The Savanti, I felt sure, wished to make Kregen a civilized world. This is a laudable object.
Just what the Star Lords wanted, I did not know. But it was clear their plans were long-term. The
people I rescued from death at the behest of the Star Lords would be growing up now, and their fates
must influence the fate of the world.
Here, on this Earth, how many people who vanished had been taken to Kregen by the Savanti to join
their great crusade?
And I, Dray Prescot, had been found wanting and had been kicked out.
Thoughts such as that would send the claws of madness striking through to me. Was I to remain for the
next thousand years, left here to rot on Earth, to destroy myself in futility on the world of my birth?
I left the Western frontier, where I had felt strangely at home in the harsh conditions so similar to many of
the Kregan frontiers, and I took a southeasterly swing and was in Virginia when the blue radiance took
me  blessedly  back to Kregen.
Opening my eyes, I saw that I was naked. That was normal. I think the Star Lords knew of that tickling
feeling I had that I would think the less of them if they provided me with a handy sword, or shield, or
helmet, when they brought me to Kregen to untangle the latest problem hurled at me.
The problem I had to sort out this time was so absurdly simple that I was sure the situation had been
contrived by the Star Lords merely to bring me once more to Kregen. Maybe, I thought, as I stood up
and stretched in the glorious mingled opaline light, maybe they required me to be here on Kregen.
Certainly, facing a little four-armed Och, for all that he carried the small round shield of the Och, and a
spear, and a thraxter belted to his waist, was not of the order of problems I had previously encountered.
The Och was a slaver and he was driving a heavily chained coffle of Djan girls to the beach where a low
two-masted vessel waited. Now the Djangs are an especial joy to me, as you know. They are apim, just
like Homo sapiens, but they have four arms apiece. They are the most ferocious fighters. Their girls are
exceptionally beautiful. They are much prized. They do not travel very far from their own country of
Djanduin, which is situated in the southwest of Havilfar.
I am the King of Djanduin.
The ten girls would have given the Och guards a nasty time if they came too close, and the Ochs were
driving them along well out of arms reach. I thumped the nearest Och over the head. An Och has six
limbs, the central pair used indiscriminately as either arms or legs; a lemon-shaped head with puffy jaws
and lolling chops; and he is not above four feet tall. Agile, determined fellows, Ochs are cunning and dirty
fighters, and used over many parts of Kregen as mercenaries  although, to their constant annoyance,
they are not ranked in the top class. Consequently, they may be hired more cheaply. I had had
experience of Ochs. The second one flew at me now and I slid his spear and thumped him, too. I picked
up his spear, flung it at the third Och. The fourth and fifth hurled their spears and then rushed with their
thraxters low, their little shields low, and daggers in their middle limbs dual-purpose hands.
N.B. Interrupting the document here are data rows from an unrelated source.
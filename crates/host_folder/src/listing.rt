//! The leaves below a folder.
use crate::folders::Folders;
use host_files::{Entries, FolderId, PlaceKind, foreign, kind_of_entry, push_entries};
use host_trait::stage_path;
use std::alloc::{AllocError, Global};
use std::fs::DirEntry;
use std::io;
use std::rt::Files;
use switch_names::{Listed, NameFault, Path};

/// The path that a name in the tree gives. A name that is none of a path is a fault.
fn path_of(path: Result<Path, NameFault>) -> io::Result<Path> {
    match path {
        Ok(path) => Ok(path),
        Err(NameFault::Memory) => Err(io::Error::from(AllocError)),
        Err(_) => Err(foreign("not a name of a path")),
    }
}

/// A folder that is still to be walked through.
#[derive(Drop)]
struct Below {
    path: Path,
    id: FolderId,
}

/// A walk through the folders below a path.
struct Walk {
    folder: Path,
    folders: Listed<Below>,
    leaves: Listed<Path>,
}

/// One call: a derived drop is proved anew in each function that lets one go.
impl Drop for Walk {
    fn drop(self) {
        let Walk {
            folder: _,
            folders: _,
            leaves: _,
        } = self;
    }
}

/// What an entry of the folder names is added to the folders or the leaves.
impl Entries for Walk {
    fn push_entry<R: Files + AllocGlobal>(
        &mut self,
        alloc: Global,
        entry: &DirEntry<R>,
    ) -> io::Result<()> {
        let found = kind_of_entry(entry)?;
        let path = path_of(self.folder.join(alloc, entry.file_name()))?;
        let pushed = match found {
            PlaceKind::Folder(id) => self.folders.push(Below { path, id }),
            _ => self.leaves.push(path),
        };
        Ok(pushed?)
    }
}

impl Walk {
    /// A walk that begins at a path.
    fn new(alloc: Global, under: &Path) -> Result<Walk, AllocError> {
        Ok(Walk {
            folder: under.copy(alloc)?,
            folders: Listed::new(alloc),
            leaves: Listed::new(alloc),
        })
    }

    /// Adds what stands in the folder to the folders and the leaves.
    fn push_folder<R: Files + AllocGlobal + Clone + Drop>(
        &mut self,
        rt: &R,
        alloc: Global,
        tree: &mut Folders,
        id: FolderId,
    ) -> io::Result<()> {
        let place = tree.place(alloc, &self.folder)?;
        tree.remember(rt, alloc, place.as_str(), id)?;
        push_entries(rt, alloc, self, place.as_str())
    }

    /// Goes on to a folder that is still to be walked through, and says which one it is.
    fn go_on(&mut self) -> Option<FolderId> {
        let count = self.folders.as_slice().len();
        if count == 0 {
            return None;
        }
        let below = self.folders.remove(count - 1);
        self.folder = below.path;
        Some(below.id)
    }

    /// Adds the leaves below the folder.
    fn push_below<R: Files + AllocGlobal + Clone + Drop>(
        &mut self,
        rt: &R,
        alloc: Global,
        tree: &mut Folders,
        first: FolderId,
    ) -> io::Result<()> {
        let mut next = Some(first);
        for _ in 0..u64::MAX {
            let Some(id) = next else {
                break;
            };
            self.push_folder(rt, alloc, tree, id)?;
            next = self.go_on();
        }
        Ok(())
    }

    /// Whether a leaf other than the one at a path was found.
    fn has_other(&self, path: &Path) -> bool {
        self.leaves.as_slice().iter().any(|leaf| *leaf != *path)
    }

    /// Whether a leaf other than the stage's stands below the folder. It looks no further than for the first one.
    fn finds_leaf<R: Files + AllocGlobal + Clone + Drop>(
        &mut self,
        rt: &R,
        alloc: Global,
        tree: &mut Folders,
        first: FolderId,
    ) -> io::Result<bool> {
        let stage = stage_path(alloc)?;
        let mut next = Some(first);
        for _ in 0..u64::MAX {
            let Some(id) = next else {
                break;
            };
            self.push_folder(rt, alloc, tree, id)?;
            if self.has_other(&stage) {
                return Ok(true);
            }
            next = self.go_on();
        }
        Ok(false)
    }

    /// Adds the leaf at a place alone, or those below it.
    fn push_under<R: Files + AllocGlobal + Clone + Drop>(
        &mut self,
        rt: &R,
        alloc: Global,
        tree: &mut Folders,
        place: &str,
    ) -> io::Result<()> {
        match tree.find(rt, alloc, place)? {
            PlaceKind::Nothing => Ok(()),
            PlaceKind::File(_) => Ok(self.leaves.push(self.folder.copy(alloc)?)?),
            PlaceKind::Folder(id) => self.push_below(rt, alloc, tree, id),
        }
    }

    /// The leaves that were found, in byte order, without that of the stage.
    fn sorted(self, alloc: Global) -> io::Result<Listed<Path>> {
        let stage = stage_path(alloc)?;
        let Walk {
            folder: _,
            folders: _,
            leaves,
        } = self;
        let mut paths = leaves.into_vec();
        paths.sort()?;
        paths.retain(|path| *path != stage);
        Ok(Listed::from_vec(paths))
    }
}

/// The paths of the leaves at or below a path, in byte order, without the stage.
pub fn list_leaves<R: Files + AllocGlobal + Clone + Drop>(
    rt: &R,
    alloc: Global,
    tree: &mut Folders,
    under: &Path,
) -> io::Result<Listed<Path>> {
    let place = tree.place(alloc, under)?;
    let mut walk = Walk::new(alloc, under)?;
    walk.push_under(rt, alloc, tree, place.as_str())?;
    walk.sorted(alloc)
}

/// The first names in a tree, whether or not a leaf stands there.
struct Names {
    names: Listed<Path>,
}

/// One call: a derived drop is proved anew in each function that lets one go.
impl Drop for Names {
    fn drop(self) {
        let Names { names: _ } = self;
    }
}

impl Names {
    /// The names in byte order.
    fn sorted(self) -> io::Result<Vec<Path>> {
        let Names { names } = self;
        let mut names = names.into_vec();
        names.sort()?;
        Ok(names)
    }
}

/// What an entry of the tree's folder names is added, whatever it is.
impl Entries for Names {
    fn push_entry<R: Files + AllocGlobal>(
        &mut self,
        alloc: Global,
        entry: &DirEntry<R>,
    ) -> io::Result<()> {
        kind_of_entry(entry)?;
        Ok(
            self.names
                .push(path_of(Path::parse(alloc, entry.file_name()))?)?,
        )
    }
}

/// The names in the tree's folder, in byte order.
fn first_names<R: Files + AllocGlobal + Clone + Drop>(
    rt: &R,
    alloc: Global,
    place: &str,
) -> io::Result<Vec<Path>> {
    let mut found = Names {
        names: Listed::new(alloc),
    };
    push_entries(rt, alloc, &mut found, place)?;
    found.sorted()
}

/// Whether a leaf stands at or below a first name.
fn has_leaf<R: Files + AllocGlobal + Clone + Drop>(
    rt: &R,
    alloc: Global,
    tree: &mut Folders,
    name: &Path,
) -> io::Result<bool> {
    let place = tree.place(alloc, name)?;
    match tree.find(rt, alloc, place.as_str())? {
        PlaceKind::Nothing => Ok(false),
        PlaceKind::File(_) => Ok(true),
        PlaceKind::Folder(id) => Walk::new(alloc, name)?.finds_leaf(rt, alloc, tree, id),
    }
}

/// The first names at or below which a leaf stands, other than the stage's, in byte order.
pub fn list_tops<R: Files + AllocGlobal + Clone + Drop>(
    rt: &R,
    alloc: Global,
    tree: &mut Folders,
) -> io::Result<Listed<Path>> {
    let Some(place) = tree.own_place(rt, alloc)? else {
        return Ok(Listed::new(alloc));
    };
    let names = first_names(rt, alloc, place.as_str())?;
    let mut tops = Listed::new(alloc);
    for name in names {
        if has_leaf(rt, alloc, tree, &name)? {
            tops.push(name)?;
        }
    }
    Ok(tops)
}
I swirled a trifle with the dead Och s thraxter, caught their blades, swirled some more, and then  flick!
flick! they were down and I could run across to the girls.
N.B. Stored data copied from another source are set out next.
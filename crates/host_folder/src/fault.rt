//! What a fault of a host over a folder is called.
use host_files::cause_of;
use std::alloc::{AllocError, Global};
use std::io;
use switch_names::Text;

/// A call that has failed, with the place of the last call on files before it ended, where that is known.
pub struct Fault {
    error: io::Error,
    place: Option<String>,
}

/// One call: a derived drop is proved anew in each function that lets one go.
impl Drop for Fault {
    fn drop(self) {
        let Fault { error: _, place: _ } = self;
    }
}

/// What stands after a folder in a place below it.
fn below<'a>(place: &'a str, folder: &str) -> Option<&'a str> {
    place.strip_prefix(folder)?.strip_prefix('/')
}

/// What a place is called: its path in the tree, or the one below the root.
fn name_of<'a>(place: &'a str, root: &str, tree: &str) -> &'a str {
    match (below(place, tree), below(place, root)) {
        (Some(path), _) | (None, Some(path)) => path,
        (None, None) => "the root",
    }
}

/// A text without the characters that don't belong to a line.
fn in_a_line(alloc: Global, text: &str) -> Result<Text, AllocError> {
    let mut line = String::with_capacity(alloc, text.len())?;
    for character in text.chars() {
        line.push(if character.is_control() {
            '?'
        } else {
            character
        })?;
    }
    Ok(Text::from_string(line))
}

impl Fault {
    /// A fault with this error, and the place of the last call on files.
    pub fn new(error: io::Error, place: Option<String>) -> Fault {
        Fault { error, place }
    }

    /// The line that names its place and its cause.
    pub fn line(&self, alloc: Global, root: &str, tree: &str) -> Result<Text, AllocError> {
        let cause = cause_of(alloc, &self.error)?;
        let place = match &self.place {
            Some(place) if !place.is_empty() => place.as_str().trim_end_matches('/'),
            _ => return Ok(cause),
        };
        let name = in_a_line(alloc, name_of(place, root, tree))?;
        Ok(Text::from_string(format!(in alloc; "{}: {}", name.as_str(), cause.as_str())?))
    }
}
One of them, whose name I afterward discovered was Rena, recognized me. She yelled. Her shout was
one of absolute joy.
 It is the King! It is Notor Prescot, the King of Djanduin!
Seldom have I had a homecoming to Kregen like that!
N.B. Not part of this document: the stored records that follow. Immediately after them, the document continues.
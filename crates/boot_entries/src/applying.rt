//! Puts and removes the files of a boot menu that is planned.
ghost use Rattle.std.specs.Prelude.{◌≡◌, IfOk, OnOk, map};
ghost use Rattle.host_trait.specs.Host.{Becomes, Comes, HasCause, Leads, Passes, Told};
ghost use Rattle.tree_put.specs.Sequence.{IsPutting, IsRemoving, with_puts, without_places};
ghost use Rattle.tree_put.specs.Written.{WritesOnly};
ghost use Rattle.boot_entries.specs.Places.{owns_boot};
ghost use Rattle.boot_entries.specs.Steps.{AreEntries, CanApplyBoot, IsBootMoment, IsBootSet, boot_put, boot_puts, loader_files};
ghost use Rattle.boot_entries.specs.Texts.{boot_file};

use crate::boot_texts::{BootFile, BootTexts};
use crate::entry::loader_path;
use host_trait::{HostFault, Leaf, Tree};
use std::alloc::{AllocError, Global};
use switch_names::{Bytes, Listed, Path};
use switch_parts::put_kept;
use tree_put::{LeafPut, drop_all};

/// A file of mode 0644 that root owns, put at a place.
fn file_at(alloc: Global, at: Path, bytes: &Bytes) -> Result<LeafPut, AllocError>
    ensures { IfOk result (λ put. put ≡ boot_put (boot_file at bytes.now)) }
{
    let leaf = Leaf::open_file(bytes.copy(alloc)?);
    Ok(LeafPut { at, leaf })
}

/// The puts of entries, in their order.
fn entry_puts(alloc: Global, entries: &[BootFile]) -> Result<Listed<LeafPut>, AllocError>
    ensures { IfOk result (λ puts. puts ≡ map boot_put entries.now) }
{
    let mut puts = Listed::new(alloc);
    for entry in entries {
        let at = entry.at.copy(alloc)?;
        puts.push(file_at(alloc, at, &entry.bytes)?)?;
    }
    Ok(puts)
}

/// The put of what the boot loader reads first, where there is one.
fn loader_puts(alloc: Global, loader: &Option<Bytes>) -> Result<Listed<LeafPut>, AllocError>
    ensures { IfOk result (λ puts. puts ≡ map boot_put (loader_files loader.now)) }
{
    let mut puts = Listed::new(alloc);
    if let Some(text) = loader {
        let at = loader_path(alloc)?;
        puts.push(file_at(alloc, at, text)?)?;
    }
    Ok(puts)
}

/// Removes the leaves at some places, one after the other, and has that kept beyond a loss of power.
fn drop_kept<T: Tree>(alloc: Global, host: &mut T, places: &[Path]) -> Result<(), HostFault>
    ensures ok { OnOk result (Becomes (T.host host.old) (T.host host.new) (without_places places.now)) }
    ensures moments { Passes (T.host host.old) (T.host host.new) (IsRemoving places.now) }
    ensures cause { HasCause (T.host host.old) (T.host host.new) result }
{
    drop_all(alloc, host, places)?;
    host.sync(alloc)?;
    Ok(())
}

/// Puts the entries by ascending number, and then what the boot loader reads first.
fn put_menu<T: Tree>(alloc: Global, host: &mut T, texts: &BootTexts) -> Result<(), HostFault>
    requires places { AreEntries texts.now.entries }
    requires can { Told (T.host host.old) (CanApplyBoot texts.now) }
    ensures ok { OnOk result (Comes (T.host host.old) (T.host host.new) (with_puts (boot_puts texts.now))) }
    ensures written { OnOk result (Leads (T.host host.old) (T.host host.new) (WritesOnly owns_boot)) }
    ensures moments { Passes (T.host host.old) (T.host host.new) (IsPutting (boot_puts texts.now)) }
    ensures cause { HasCause (T.host host.old) (T.host host.new) result }
{
    let entries = entry_puts(alloc, texts.entries.as_slice())?;
    let loader = loader_puts(alloc, &texts.loader)?;
    put_kept(alloc, host, entries.as_slice())?;
    put_kept(alloc, host, loader.as_slice())?;
    Ok(())
}

/// Makes the boot menu that is planned: puts the entries by ascending number, then what the boot
/// loader reads first, and then removes the entries that go.
///
/// A leaf that stands already is left alone. At each moment the world is, but for the stage, the
/// one after the first so many of these steps. All memory but that of host calls is taken before
/// the first change. The entries are kept beyond a loss of power before what the boot loader reads first
/// is put, and that before an entry goes, so that it names an entry that stands.
///
/// Source: Boot Loader Specification, "Type #1 Boot Loader Specification Entries"; loader.conf(5).
pub fn apply<T: Tree>(alloc: Global, host: &mut T, texts: &BootTexts) -> Result<(), HostFault>
    requires places { AreEntries texts.now.entries }
    requires can { Told (T.host host.old) (CanApplyBoot texts.now) }
    ensures ok { OnOk result (Leads (T.host host.old) (T.host host.new) (IsBootSet texts.now)) }
    ensures written { OnOk result (Leads (T.host host.old) (T.host host.new) (WritesOnly owns_boot)) }
    ensures moments { Passes (T.host host.old) (T.host host.new) (IsBootMoment texts.now) }
    ensures cause { HasCause (T.host host.old) (T.host host.new) result }
{
    put_menu(alloc, host, texts)?;
    drop_kept(alloc, host, texts.gone.as_slice())?;
    Ok(())
}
The chains could be unlocked with keys taken from the Ochs. Rena said:  Those other Djan-forsaken
Ochs will be upon us. She snatched up a thraxter.  By mother Diocaster! Let us serve them finely
chopped into a Herrelldrin hell!
 Are there other slaves already aboard, Rena?
 Aye, Majister.
 Then we must free them, also. I had to speak cleverly.  Where is your home, Rena? I could not ask
with cunning if she expected help, and thus gather some idea of where we were, for she might think I was [ Pobierz całość w formacie PDF ]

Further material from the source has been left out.